*Assigned task:* Report the tally of lines featuring the word "return" in the entries below, without anything else.

==============================

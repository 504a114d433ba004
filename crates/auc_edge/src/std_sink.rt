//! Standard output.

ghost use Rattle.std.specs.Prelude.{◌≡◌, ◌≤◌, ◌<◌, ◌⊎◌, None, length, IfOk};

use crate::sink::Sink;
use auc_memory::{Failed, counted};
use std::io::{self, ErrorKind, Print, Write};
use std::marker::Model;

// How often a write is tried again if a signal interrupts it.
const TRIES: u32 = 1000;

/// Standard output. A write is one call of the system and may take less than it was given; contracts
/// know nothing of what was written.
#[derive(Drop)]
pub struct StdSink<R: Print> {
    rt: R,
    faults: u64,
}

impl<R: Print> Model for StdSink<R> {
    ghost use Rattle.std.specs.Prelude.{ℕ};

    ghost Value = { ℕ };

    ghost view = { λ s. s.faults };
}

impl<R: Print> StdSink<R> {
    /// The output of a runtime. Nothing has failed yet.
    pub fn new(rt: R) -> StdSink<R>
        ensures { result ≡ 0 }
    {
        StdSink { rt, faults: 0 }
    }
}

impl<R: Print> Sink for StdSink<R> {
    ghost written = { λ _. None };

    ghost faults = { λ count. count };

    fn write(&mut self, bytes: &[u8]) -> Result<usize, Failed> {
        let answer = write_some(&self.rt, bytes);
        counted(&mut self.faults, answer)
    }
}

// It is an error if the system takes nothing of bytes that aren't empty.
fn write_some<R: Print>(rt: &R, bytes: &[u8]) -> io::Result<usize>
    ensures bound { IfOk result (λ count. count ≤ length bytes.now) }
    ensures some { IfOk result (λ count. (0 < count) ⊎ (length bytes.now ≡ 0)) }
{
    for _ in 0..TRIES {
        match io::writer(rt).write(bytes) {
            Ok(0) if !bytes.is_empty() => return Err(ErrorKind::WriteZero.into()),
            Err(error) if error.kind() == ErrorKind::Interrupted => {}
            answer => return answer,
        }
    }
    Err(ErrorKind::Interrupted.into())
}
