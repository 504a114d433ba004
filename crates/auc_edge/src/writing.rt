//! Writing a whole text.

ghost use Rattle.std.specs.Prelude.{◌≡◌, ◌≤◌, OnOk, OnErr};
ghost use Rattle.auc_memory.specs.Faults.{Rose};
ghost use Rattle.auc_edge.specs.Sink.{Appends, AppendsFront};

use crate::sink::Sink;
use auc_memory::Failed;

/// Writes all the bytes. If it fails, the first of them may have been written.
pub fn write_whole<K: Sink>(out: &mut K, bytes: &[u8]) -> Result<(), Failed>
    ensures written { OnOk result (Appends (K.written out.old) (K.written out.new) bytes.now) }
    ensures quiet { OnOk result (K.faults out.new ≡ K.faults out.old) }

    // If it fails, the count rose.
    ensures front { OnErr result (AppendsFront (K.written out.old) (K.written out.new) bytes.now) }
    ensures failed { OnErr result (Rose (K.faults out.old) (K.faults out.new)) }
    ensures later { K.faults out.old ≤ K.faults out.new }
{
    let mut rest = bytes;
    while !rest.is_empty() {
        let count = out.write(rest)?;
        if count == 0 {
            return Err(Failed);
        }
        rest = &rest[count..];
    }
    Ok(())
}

==============================

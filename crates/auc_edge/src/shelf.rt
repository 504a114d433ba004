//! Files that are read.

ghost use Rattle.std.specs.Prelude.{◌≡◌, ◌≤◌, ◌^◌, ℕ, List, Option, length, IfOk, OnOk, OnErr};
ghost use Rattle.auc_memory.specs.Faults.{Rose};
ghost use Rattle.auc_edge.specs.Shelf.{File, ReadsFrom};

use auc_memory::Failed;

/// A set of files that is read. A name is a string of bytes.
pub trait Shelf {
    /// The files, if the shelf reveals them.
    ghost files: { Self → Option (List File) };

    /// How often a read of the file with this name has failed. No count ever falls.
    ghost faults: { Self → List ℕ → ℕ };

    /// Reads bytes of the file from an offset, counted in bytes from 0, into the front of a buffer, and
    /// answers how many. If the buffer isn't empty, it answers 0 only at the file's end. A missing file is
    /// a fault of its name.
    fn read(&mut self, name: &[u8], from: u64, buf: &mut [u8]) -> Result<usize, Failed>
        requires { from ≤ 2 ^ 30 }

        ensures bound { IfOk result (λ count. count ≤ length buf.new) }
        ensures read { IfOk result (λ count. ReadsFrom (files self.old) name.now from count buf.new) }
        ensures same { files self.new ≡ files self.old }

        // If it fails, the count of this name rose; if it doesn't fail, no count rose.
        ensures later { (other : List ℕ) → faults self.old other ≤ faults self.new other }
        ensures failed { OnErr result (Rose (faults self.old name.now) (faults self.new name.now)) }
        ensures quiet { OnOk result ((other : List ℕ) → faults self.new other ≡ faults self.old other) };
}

==============================

*Exercise solution:* 3